The Times- Sizewell C debate turns a bit salty.

As if big nuclear power plants weren’t already toxic enough. To the usual list — exploding costs, endless delays, ruinously pricey electricity, and a vast clean-up bill — Sizewell C brings another joy. And not just that it’s being partly built by CGN of China: odd reward for the crackdown on Hong Kong. No, it’s that Sizewell C is in a “dangerous location”. Or so says Nick Scarr from the Nuclear Consulting Group, a collection of academics and experts.
The consulting engineer has examined the plans from France’s EDF and CGN to build the 3,200MW nuke on the Suffolk coast from the perspective of coastal erosion and climate change. And, assuming he’s right, his paper is alarming — unless you’re relaxed about the risk of the plant being encircled by sea. Sizewell C will be bigger and closer to the sea than the site’s existing reactors.

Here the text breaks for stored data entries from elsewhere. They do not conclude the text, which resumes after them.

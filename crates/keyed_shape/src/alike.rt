//! Inputs that must be alike: in the columns of keys, or in all.

ghost use Rattle.std.specs.Prelude.{◌≡◌, ◌<◌, length, map, None, IfOk};
ghost use Rattle.std.specs.List.{list_all};
ghost use Rattle.shape_base.specs.Naming.{has_columns, has_keys, NamesDiffer};
ghost use Rattle.keyed_shape.specs.Keyed.{kinds_agree, same_flag};
ghost use Rattle.keyed_shape.specs.Matched.{inputs_cause, inputs_keys, same_field, same_fields, schemas_cause, values_cause};

use crate::joining::{kinds_agree, same_kind};
use ds_schema::{Field, KeyList, Schema};
use ds_value::{Items, Name, NoMemory};
use shape_base::ShapeWhy;
use shape_base::inputs::first;
use shape_base::naming::{has_columns, has_keys, key_list};
use std::alloc::Global;

fn all_have_keys(key: &[(Name, bool)], ins: &[&Schema]) -> bool
    ensures { result ≡ list_all (λ fields. has_keys fields key.now) (map (λ s. s.now) ins.now) }
{
    match ins {
        [] => true,
        [schema, more @ ..] => has_keys(schema.as_slice(), key) && all_have_keys(key, more),
    }
}

fn all_agree(key: &[(Name, bool)], left: &[Field], ins: &[&Schema]) -> bool
    ensures { result ≡ list_all (kinds_agree key.now left.now) (map (λ s. s.now) ins.now) }
{
    match ins {
        [] => true,
        [schema, more @ ..] => {
            kinds_agree(key, left, schema.as_slice()) && all_agree(key, left, more)
        }
    }
}

/// What is wrong with keys on any number of inputs.
pub fn inputs_cause(key: &[(Name, bool)], ins: &[&Schema]) -> Option<ShapeWhy>
    requires { 0 < length ins.now }
    ensures { result ≡ inputs_cause key.now (map (λ s. s.now) ins.now) }
{
    if !all_have_keys(key, ins) {
        return Some(ShapeWhy::Field);
    }
    if !all_agree(key, first(ins).as_slice(), ins) {
        return Some(ShapeWhy::Kind);
    }
    None
}

/// The key lists of any number of inputs.
pub fn inputs_keys(
    alloc: Global,
    key: &[(Name, bool)],
    ins: &[&Schema],
) -> Result<Items<KeyList>, NoMemory>
    requires there { inputs_cause key.now (map (λ s. s.now) ins.now) ≡ None }
    requires differ { NamesDiffer key.now }
    ensures { IfOk result (λ keys. keys ≡ inputs_keys key.now (map (λ s. s.now) ins.now)) }
{
    let mut keys = Items::new(alloc);
    for schema in ins {
        keys.push(key_list(alloc, schema.as_slice(), key)?)?;
    }
    Ok(keys)
}

fn same_flag(a: bool, b: bool) -> bool
    ensures { result ≡ same_flag a b }
{
    a == b
}

fn same_field(a: &Field, b: &Field) -> bool
    ensures { result ≡ same_field a.now b.now }
{
    a.name.as_slice() == b.name.as_slice()
        && same_flag(a.nullable, b.nullable)
        && same_kind(a.kind, b.kind)
}

/// Whether these are fields of the same names and kinds in the same order.
fn same_fields(left: &[Field], right: &[Field]) -> bool
    ensures { result ≡ same_fields left.now right.now }
{
    match left {
        [] => right.is_empty(),
        [a, left @ ..] => match right {
            [] => false,
            [b, right @ ..] => same_field(a, b) && same_fields(left, right),
        },
    }
}

fn all_same(left: &[Field], ins: &[&Schema]) -> bool
    ensures { result ≡ list_all (same_fields left.now) (map (λ s. s.now) ins.now) }
{
    match ins {
        [] => true,
        [schema, more @ ..] => same_fields(left, schema.as_slice()) && all_same(left, more),
    }
}

/// Whether the inputs have equal schemas.
pub fn schemas_cause(ins: &[&Schema]) -> Option<ShapeWhy>
    requires { 0 < length ins.now }
    ensures { result ≡ schemas_cause (map (λ s. s.now) ins.now) }
{
    if all_same(first(ins).as_slice(), ins) {
        None
    } else {
        Some(ShapeWhy::Schemas)
    }
}

fn all_have_columns(names: &[Name], ins: &[&Schema]) -> bool
    ensures { result ≡ list_all (λ fields. has_columns fields names.now) (map (λ s. s.now) ins.now) }
{
    match ins {
        [] => true,
        [schema, more @ ..] => {
            has_columns(schema.as_slice(), names) && all_have_columns(names, more)
        }
    }
}

/// Whether each input has these columns.
pub fn values_cause(values: &[Name], ins: &[&Schema]) -> Option<ShapeWhy>
    ensures { result ≡ values_cause values.now (map (λ s. s.now) ins.now) }
{
    if all_have_columns(values, ins) {
        None
    } else {
        Some(ShapeWhy::Field)
    }
}
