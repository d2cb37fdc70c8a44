//! The columns of a lookup: the main ones, then the reference's others.

ghost use Rattle.std.specs.Prelude.{◌≡◌, ◌<◌, ◌^◌, ◌++◌, ◌∷◌, [], length, map, None, IfOk};
ghost use Rattle.shape_base.specs.Causes.{first_cause};
ghost use Rattle.shape_base.specs.Fields.{made_or_rejected};
ghost use Rattle.shape_base.specs.Widths.{fields_cause};
ghost use Rattle.keyed_shape.specs.Keyed.{both_cause, main_field, continues, lookup_fields};

use crate::joining::both_cause;
use crate::keying::{is_key, is_nullable, nullable_if, push_others};
use ds_schema::{Field, Schema};
use ds_value::{Copied, Name, NoMemory};
use op_base::Missing;
use shape_base::{ShapeWhy, fields_cause};
use std::alloc::Global;

/// A main column; a key may be null where it may on either side.
fn main_field(key: &[(Name, bool)], reference: &[Field], field: &Field) -> Result<Field, NoMemory>
    ensures { IfOk result (λ made. made ≡ main_field key.now reference.now field.now) }
{
    let test = is_key(key, &field.name) && is_nullable(reference, &field.name);
    nullable_if(test, field)
}

fn main_fields(
    alloc: Global,
    key: &[(Name, bool)],
    main: &[Field],
    reference: &[Field],
) -> Result<Vec<Field>, NoMemory>
    ensures { IfOk result (λ made. made.items ≡ map (main_field key.now reference.now) main.now) }
{
    let mut made = Vec::new(alloc);
    for field in main {
        made.push(main_field(key, reference, field)?)?;
    }
    Ok(made)
}

/// Whether rows without a reference row go on.
fn continues(missing: Missing) -> bool
    ensures { result ≡ continues missing }
{
    match missing {
        Missing::Continue => true,
        Missing::Drop | Missing::Fail | Missing::Reject => false,
    }
}

fn lookup_fields(
    alloc: Global,
    key: &[(Name, bool)],
    missing: Missing,
    main: &[Field],
    reference: &[Field],
) -> Result<Vec<Field>, NoMemory>
    requires { length reference.now < 2 ^ 32 }
    ensures { IfOk result (λ made. made.items ≡ lookup_fields key.now missing main.now reference.now) }
{
    let mut made = main_fields(alloc, key, main, reference)?;
    push_others(alloc, &mut made, key, continues(missing), reference)?;
    Ok(made)
}

/// What is wrong at a lookup.
pub fn lookup_cause(
    alloc: Global,
    key: &[(Name, bool)],
    missing: Missing,
    main: &Schema,
    reference: &Schema,
) -> Result<Option<ShapeWhy>, NoMemory>
    ensures { IfOk result (λ cause. cause ≡ first_cause (both_cause key.now main.now reference.now ∷ (fields_cause (lookup_fields key.now missing main.now reference.now) ∷ []))) }
{
    if let Some(why) = both_cause(key, main.as_slice(), reference.as_slice()) {
        return Ok(Some(why));
    }
    let made = lookup_fields(alloc, key, missing, main.as_slice(), reference.as_slice())?;
    Ok(fields_cause(made.as_slice()))
}

/// The schema of rows with what was found for them, or of those that are rejected.
pub fn lookup_schema(
    alloc: Global,
    key: &[(Name, bool)],
    missing: Missing,
    main: &Schema,
    reference: &Schema,
    out: u32,
) -> Result<Schema, NoMemory>
    requires { first_cause (both_cause key.now main.now reference.now ∷ (fields_cause (lookup_fields key.now missing main.now reference.now) ∷ [])) ≡ None }
    ensures { IfOk result (λ schema. schema ≡ made_or_rejected (lookup_fields key.now missing main.now reference.now) main.now out) }
{
    if out != 0 {
        return main.copied();
    }
    let fields = lookup_fields(alloc, key, missing, main.as_slice(), reference.as_slice())?;
    Ok(Schema::from_vec(fields))
}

Mr Scarr takes issue with EDF claims that it’ll be effectively protected by the offshore Sizewell-Dunwich bank and a coralline crag, so creating a “natural wave break”. He points to studies showing waves are getting through in storms, while at the Sizewell C site the crag is more gravelly than desired. With decommissioning of the plant not due until 2150, Mr Scarr believes EDF and CGN are paying far too little attention to forecasts from the Met Office and the Intergovernmental Panel on Climate Change. Not least the notion that once-a-century “extreme sea level events”, are “projected to occur much more frequently by 2050”. He says the once in 10,000 year flood risk that “EDF trumpets” is “just 0.71m above the historical 1953 flood level”.
This is only Mr Scarr’s opinion, but he says his paper has been “approved” by Professor Andrew Plater of Liverpool University: a leading coastal geomorphologist. So, what’s EDF’s response? Well, it reckons Mr Scarr’s analysis of the effects of the sandbank and crag is both confused and wrong. It also says it has evaluated the likely effect of climate change. “The design of the power station, including its sea defence and the raised platform it will be built on, will protect Sizewell C from flooding,” EDF insists. It says it’ll take an “adaptive approach”, raising the sea defences “during the lifetime of Sizewell C if needed”. Mr Scarr says such an approach only works for construction projects such as painting the Forth Bridge every year, not sea defences for a nuclear plant. Indeed, he reckons it’s “clear evidence” that the location cannot “offer the criteria necessary for long-term safety of the project”.